::: Provided information :::
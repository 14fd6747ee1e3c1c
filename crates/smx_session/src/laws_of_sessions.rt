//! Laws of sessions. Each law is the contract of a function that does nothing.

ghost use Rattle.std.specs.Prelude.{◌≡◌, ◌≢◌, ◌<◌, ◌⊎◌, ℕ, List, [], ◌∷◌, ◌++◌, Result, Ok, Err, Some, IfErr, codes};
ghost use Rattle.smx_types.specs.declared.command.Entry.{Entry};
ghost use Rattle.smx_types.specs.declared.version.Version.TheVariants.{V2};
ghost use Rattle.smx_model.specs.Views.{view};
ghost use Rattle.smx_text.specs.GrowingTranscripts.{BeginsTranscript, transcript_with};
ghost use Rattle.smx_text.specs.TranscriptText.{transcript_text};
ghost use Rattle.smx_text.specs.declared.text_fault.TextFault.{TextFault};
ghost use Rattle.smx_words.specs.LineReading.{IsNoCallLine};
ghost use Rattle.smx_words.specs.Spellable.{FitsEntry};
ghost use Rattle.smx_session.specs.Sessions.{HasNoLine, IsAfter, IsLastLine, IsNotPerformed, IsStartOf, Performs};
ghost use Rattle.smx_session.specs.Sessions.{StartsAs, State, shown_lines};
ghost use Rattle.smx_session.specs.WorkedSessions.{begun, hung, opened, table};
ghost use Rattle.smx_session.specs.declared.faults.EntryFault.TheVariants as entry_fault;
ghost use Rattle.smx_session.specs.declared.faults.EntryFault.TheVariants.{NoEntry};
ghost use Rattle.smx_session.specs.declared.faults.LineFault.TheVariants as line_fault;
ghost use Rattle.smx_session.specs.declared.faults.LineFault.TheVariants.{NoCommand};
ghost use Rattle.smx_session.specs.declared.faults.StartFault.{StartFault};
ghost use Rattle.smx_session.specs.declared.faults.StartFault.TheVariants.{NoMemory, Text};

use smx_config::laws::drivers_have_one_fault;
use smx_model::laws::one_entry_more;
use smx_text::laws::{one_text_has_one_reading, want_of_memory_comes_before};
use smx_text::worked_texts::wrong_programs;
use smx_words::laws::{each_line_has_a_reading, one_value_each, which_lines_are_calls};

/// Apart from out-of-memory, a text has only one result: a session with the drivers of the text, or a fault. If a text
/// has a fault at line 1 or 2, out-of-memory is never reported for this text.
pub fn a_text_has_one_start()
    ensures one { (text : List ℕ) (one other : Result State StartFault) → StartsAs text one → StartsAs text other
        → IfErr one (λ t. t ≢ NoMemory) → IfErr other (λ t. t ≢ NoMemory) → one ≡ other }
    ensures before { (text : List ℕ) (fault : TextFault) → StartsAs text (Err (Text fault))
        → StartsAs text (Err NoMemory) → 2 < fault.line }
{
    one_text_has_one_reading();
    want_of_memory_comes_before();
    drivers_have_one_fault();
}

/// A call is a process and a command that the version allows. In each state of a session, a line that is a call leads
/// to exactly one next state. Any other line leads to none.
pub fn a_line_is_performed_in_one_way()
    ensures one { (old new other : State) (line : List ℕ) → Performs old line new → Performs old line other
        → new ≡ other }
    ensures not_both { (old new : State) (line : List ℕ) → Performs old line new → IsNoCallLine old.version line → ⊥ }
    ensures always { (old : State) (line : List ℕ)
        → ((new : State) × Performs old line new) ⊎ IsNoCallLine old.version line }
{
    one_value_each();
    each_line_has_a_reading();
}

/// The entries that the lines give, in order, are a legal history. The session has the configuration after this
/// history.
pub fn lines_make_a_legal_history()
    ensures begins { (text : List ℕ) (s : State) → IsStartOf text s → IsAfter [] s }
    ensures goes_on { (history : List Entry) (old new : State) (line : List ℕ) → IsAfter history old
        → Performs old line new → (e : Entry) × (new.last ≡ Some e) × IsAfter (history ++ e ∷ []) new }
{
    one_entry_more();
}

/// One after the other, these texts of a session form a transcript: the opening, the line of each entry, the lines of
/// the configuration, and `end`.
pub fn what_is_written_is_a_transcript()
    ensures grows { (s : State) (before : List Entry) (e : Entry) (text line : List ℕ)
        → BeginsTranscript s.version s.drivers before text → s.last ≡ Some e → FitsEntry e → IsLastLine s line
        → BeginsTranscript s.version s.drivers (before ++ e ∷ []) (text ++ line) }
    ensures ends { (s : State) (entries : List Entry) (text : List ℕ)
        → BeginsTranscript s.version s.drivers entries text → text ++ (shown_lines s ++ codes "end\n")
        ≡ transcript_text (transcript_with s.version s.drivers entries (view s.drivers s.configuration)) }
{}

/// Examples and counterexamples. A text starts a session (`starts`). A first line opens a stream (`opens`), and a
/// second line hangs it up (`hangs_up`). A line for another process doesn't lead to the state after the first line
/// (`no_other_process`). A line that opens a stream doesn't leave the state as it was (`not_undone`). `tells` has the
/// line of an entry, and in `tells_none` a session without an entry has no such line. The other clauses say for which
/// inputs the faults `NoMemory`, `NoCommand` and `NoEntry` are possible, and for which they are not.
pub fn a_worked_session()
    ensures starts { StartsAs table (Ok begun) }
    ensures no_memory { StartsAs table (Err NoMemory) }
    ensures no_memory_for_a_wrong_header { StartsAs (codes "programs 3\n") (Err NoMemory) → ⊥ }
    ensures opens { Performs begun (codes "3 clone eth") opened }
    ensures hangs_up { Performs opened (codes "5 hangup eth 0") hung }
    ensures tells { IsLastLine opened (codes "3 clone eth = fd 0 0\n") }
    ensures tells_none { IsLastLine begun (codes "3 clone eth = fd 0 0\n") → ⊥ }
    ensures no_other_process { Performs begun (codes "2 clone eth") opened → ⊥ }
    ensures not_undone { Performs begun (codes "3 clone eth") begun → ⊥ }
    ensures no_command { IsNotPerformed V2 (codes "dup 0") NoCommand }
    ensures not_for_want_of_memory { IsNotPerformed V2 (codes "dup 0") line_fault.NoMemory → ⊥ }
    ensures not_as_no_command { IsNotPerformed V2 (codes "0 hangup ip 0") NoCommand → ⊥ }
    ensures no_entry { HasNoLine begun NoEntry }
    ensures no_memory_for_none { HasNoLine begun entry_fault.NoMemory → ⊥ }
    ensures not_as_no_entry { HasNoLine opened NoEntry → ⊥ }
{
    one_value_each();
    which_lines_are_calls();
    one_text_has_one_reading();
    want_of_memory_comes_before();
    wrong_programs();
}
:::
• [Exercise]:
Your reply is to repeat, unchanged, the lines above running from the one with "pub fn a_line_is_performed_in_one_way()" up to and including the one with "s.drivers entries text".

• [Result for this task]:
pub fn a_line_is_performed_in_one_way()
    ensures one { (old new other : State) (line : List ℕ) → Performs old line new → Performs old line other
        → new ≡ other }
    ensures not_both { (old new : State) (line : List ℕ) → Performs old line new → IsNoCallLine old.version line → ⊥ }
    ensures always { (old : State) (line : List ℕ)
        → ((new : State) × Performs old line new) ⊎ IsNoCallLine old.version line }
{
    one_value_each();
    each_line_has_a_reading();
}

/// The entries that the lines give, in order, are a legal history. The session has the configuration after this
/// history.
pub fn lines_make_a_legal_history()
    ensures begins { (text : List ℕ) (s : State) → IsStartOf text s → IsAfter [] s }
    ensures goes_on { (history : List Entry) (old new : State) (line : List ℕ) → IsAfter history old
        → Performs old line new → (e : Entry) × (new.last ≡ Some e) × IsAfter (history ++ e ∷ []) new }
{
    one_entry_more();
}

/// One after the other, these texts of a session form a transcript: the opening, the line of each entry, the lines of
/// the configuration, and `end`.
pub fn what_is_written_is_a_transcript()
    ensures grows { (s : State) (before : List Entry) (e : Entry) (text line : List ℕ)
        → BeginsTranscript s.version s.drivers before text → s.last ≡ Some e → FitsEntry e → IsLastLine s line
        → BeginsTranscript s.version s.drivers (before ++ e ∷ []) (text ++ line) }
    ensures ends { (s : State) (entries : List Entry) (text : List ℕ)
        → BeginsTranscript s.version s.drivers entries text → text ++ (shown_lines s ++ codes "end\n")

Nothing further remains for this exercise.